I would like to fuzzy match two Pandas dataframes based on a number n parameters in columns, all present in both dataframes. The output should be a pair of unique filenames. The parameter sets might not be unique and could be duplicates.
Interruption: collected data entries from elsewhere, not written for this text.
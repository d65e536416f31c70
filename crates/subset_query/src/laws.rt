// Laws of normal forms.
ghost use Rattle.subset_query.specs.FormLaws.{PrintsTellFormsApart, QueriesHaveAForm, QueriesHaveOneForm, SettledFormsAreCanonical};

/// Settled forms of a schema are equal exactly where they give the same bytes on every table.
pub fn settled_forms_are_canonical()
    ensures { SettledFormsAreCanonical }
{}

/// Each query without a fault has a settled form that gives its bytes on every table.
pub fn queries_have_a_form()
    ensures { QueriesHaveAForm }
{}

/// Of two queries the settled forms that give their bytes are equal exactly where the queries give the same bytes on
/// every table. So the form names what is asked for, however it was written.
pub fn queries_have_one_form()
    ensures { QueriesHaveOneForm }
{}

/// Settled forms of a schema whose labels and constants are bytes print the same exactly where they are equal. So a print,
/// beside its schema, stands for its form.
pub fn prints_tell_forms_apart()
    ensures { PrintsTellFormsApart }
{}
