// The values that meet a condition, as a set.
ghost use Rattle.std.specs.Prelude.{◌≡◌, IfOk, IsTrue};
ghost use Rattle.std.specs.List.{list_all, list_any};
ghost use Rattle.std.specs.Ordering.{is_lt, is_le, is_eq, is_ne, is_ge, is_gt};
ghost use Rattle.cite_schema.specs.Values.{value_cmp, is_value_of};
ghost use Rattle.cite_schema.specs.Conditions.{meets};
ghost use Rattle.cite_schema.specs.declared.value.Value.{Value as Cell};
ghost use Rattle.interval_normal.specs.Spans.{has};
ghost use Rattle.subset_query.specs.Forms.{in_set, is_set_for};

use crate::form::ColumnSet;
use crate::kind_point::KindPoint;
use cite_schema::{ByteText, Cond, Kind, List, NoMemory, Value};
use interval_normal::{Point, Set};
use std::alloc::Global;

/// The set of the values of a kind that meet a condition, whatever the kinds of the values in it. For a condition of n
/// nodes it takes n set operations, and for each `Among` of n members n log n comparisons.
pub fn column_set(alloc: Global, kind: Kind, cond: &Cond) -> Result<ColumnSet, NoMemory>
    ensures kind { IfOk result (λ set. IsTrue (is_set_for kind set)) }
    ensures meets { IfOk result (λ set. (v : Cell) → IsTrue (is_value_of kind v) → in_set set v ≡ meets cond.now v) }
{
    match kind {
        Kind::Int => {
            let numbers = meeting_set::<i64>(alloc, cond)?;
            Ok(ColumnSet::Ints(numbers))
        }
        Kind::Text => {
            let texts = meeting_set::<ByteText>(alloc, cond)?;
            Ok(ColumnSet::Texts(texts))
        }
    }
}

// The points that meet the condition.
#[cycle(meeting)]
fn meeting_set<P: KindPoint>(alloc: Global, cond: &Cond) -> Result<Set<P>, NoMemory>
    ensures { IfOk result (λ set. (x : P) → P.valid x → has P.cmp set x ≡ meets cond.now (P.cell x)) }
{
    match cond {
        Cond::Lt(value) => less_set(alloc, value),
        Cond::Le(value) => up_to_set(alloc, value),
        Cond::Eq(value) => equal_set(alloc, value),
        Cond::Ne(value) => unequal_set(alloc, value),
        Cond::Ge(value) => from_set(alloc, value),
        Cond::Gt(value) => above_set(alloc, value),
        Cond::Among(values) => among_set(alloc, values.as_slice()),
        Cond::Prefix(prefix) => P::prefix_set(alloc, prefix),
        Cond::AllOf(conds) => {
            let all = common_set(alloc, conds.as_slice())?;
            Ok(all)
        }
        Cond::AnyOf(conds) => {
            let any = joined_set(alloc, conds.as_slice())?;
            Ok(any)
        }
        Cond::Not(inner) => {
            let met = meeting_set::<P>(alloc, inner.get())?;
            let others = met.complement(alloc)?;
            Ok(others)
        }
    }
}

// The points that meet each of the conditions.
#[cycle(meeting)]
fn common_set<P: KindPoint>(alloc: Global, conds: &[Cond]) -> Result<Set<P>, NoMemory>
    ensures { IfOk result (λ set. (x : P) → P.valid x → has P.cmp set x ≡ list_all (λ c. meets c (P.cell x)) conds.now) }
{
    let mut common = Set::full(alloc)?;
    for cond in conds {
        let met = meeting_set::<P>(alloc, cond)?;
        common = common.intersect(alloc, &met)?;
    }
    Ok(common)
}

// The points that meet one of the conditions.
#[cycle(meeting)]
fn joined_set<P: KindPoint>(alloc: Global, conds: &[Cond]) -> Result<Set<P>, NoMemory>
    ensures { IfOk result (λ set. (x : P) → P.valid x → has P.cmp set x ≡ list_any (λ c. meets c (P.cell x)) conds.now) }
{
    let mut joined = Set::empty(alloc);
    for cond in conds {
        let met = meeting_set::<P>(alloc, cond)?;
        joined = joined.union(alloc, &met)?;
    }
    Ok(joined)
}

// The points below the value.
fn less_set<P: KindPoint>(alloc: Global, value: &Value) -> Result<Set<P>, NoMemory>
    ensures { IfOk result (λ set. (x : P) → P.valid x → has P.cmp set x ≡ is_lt (value_cmp (P.cell x) value.now)) }
{
    match P::point_of(value) {
        Some(point) => Set::below(alloc, point),
        None if P::comes_first() => Set::full(alloc),
        None => Ok(Set::empty(alloc)),
    }
}

// The points equal to the value: one, or none where it is of the other kind.
fn equal_set<P: KindPoint>(alloc: Global, value: &Value) -> Result<Set<P>, NoMemory>
    ensures { IfOk result (λ set. (x : P) → P.valid x → has P.cmp set x ≡ is_eq (value_cmp (P.cell x) value.now)) }
{
    match P::point_of(value) {
        Some(point) => Set::one(alloc, point),
        None => Ok(Set::empty(alloc)),
    }
}

// The points below the value or equal to it.
fn up_to_set<P: KindPoint>(alloc: Global, value: &Value) -> Result<Set<P>, NoMemory>
    ensures { IfOk result (λ set. (x : P) → P.valid x → has P.cmp set x ≡ is_le (value_cmp (P.cell x) value.now)) }
{
    let less = less_set::<P>(alloc, value)?;
    let equal = equal_set::<P>(alloc, value)?;
    less.union(alloc, &equal)
}

// The points that are not equal to the value.
fn unequal_set<P: KindPoint>(alloc: Global, value: &Value) -> Result<Set<P>, NoMemory>
    ensures { IfOk result (λ set. (x : P) → P.valid x → has P.cmp set x ≡ is_ne (value_cmp (P.cell x) value.now)) }
{
    let equal = equal_set::<P>(alloc, value)?;
    let others = equal.complement(alloc)?;
    Ok(others)
}

// The points that are not below the value.
fn from_set<P: KindPoint>(alloc: Global, value: &Value) -> Result<Set<P>, NoMemory>
    ensures { IfOk result (λ set. (x : P) → P.valid x → has P.cmp set x ≡ is_ge (value_cmp (P.cell x) value.now)) }
{
    let less = less_set::<P>(alloc, value)?;
    let others = less.complement(alloc)?;
    Ok(others)
}

// The points above the value.
fn above_set<P: KindPoint>(alloc: Global, value: &Value) -> Result<Set<P>, NoMemory>
    ensures { IfOk result (λ set. (x : P) → P.valid x → has P.cmp set x ≡ is_gt (value_cmp (P.cell x) value.now)) }
{
    let up_to = up_to_set::<P>(alloc, value)?;
    let others = up_to.complement(alloc)?;
    Ok(others)
}

// The points equal to one of the values.
fn among_set<P: KindPoint>(alloc: Global, values: &[Value]) -> Result<Set<P>, NoMemory>
    ensures { IfOk result (λ set. (x : P) → P.valid x → has P.cmp set x ≡ list_any (λ v. is_eq (value_cmp (P.cell x) v)) values.now) }
{
    let points = points_among::<P>(alloc, values)?;
    let set = Set::of_points(alloc, points.as_slice())?;
    Ok(set)
}

// The values that are points, in order.
fn points_among<P: KindPoint>(alloc: Global, values: &[Value]) -> Result<List<P>, NoMemory>
    ensures { IfOk result (λ points. (x : P) → list_any (λ p. is_eq (P.cmp x p)) points ≡ list_any (λ v. is_eq (value_cmp (P.cell x) v)) values.now) }
{
    let mut points = List::new(alloc);
    for value in values {
        if let Some(point) = P::point_of(value) {
            points.push(point.copy(alloc)?)?;
        }
    }
    Ok(points)
}

#[cfg(test)]
mod tests;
There should be a minimum threshold of string similarity.
Dataframe 1:
FILENAME PARAMETER1 PARAMETER2 PARAMETER3 PARAMETER4
1 xyz111.txt 3.82 Rock No red
2 abc222.txt 14.20 Tree Yes green
3 def999.txt 6.91 House Yes yellow
4 uvw567.txt 2.11 Car No green
5 asd222.txt 13.90 Ball Yes blue
...
Dataframe 2:
FILENAME PARAMETER1 PARAMETER2 PARAMETER3 PARAMETER4
1 stv999.txt 12.17 Car Yes red
2 hij888.txt 5.64 Tree No red
3 klh123.txt 7.21 House No green
4 qrs543.txt 3.20 Car No green
5 lmn111.txt 17.17 House Yes yellow
...
The preferred output should be the filename and exactly one unique matched filename like this:
Preferred output:
FILENAME FILENAME_MATCHED
1 xyz111.txt hij888.txt
2 abc222.txt stv999.txt
3 def999.txt klh123.txt
4 uvw567.txt None
5 asd222.txt lmn111.txt
...
I was able to do fuzzy matching with different libraries like "FuzzyWuzzy" or "rapidfuzz" etc. by combining the parameters into a new string column. Still I am having a hard time to deal with duplicates in the matched filenames, as the parameter sets might not be unique, but the filenames are.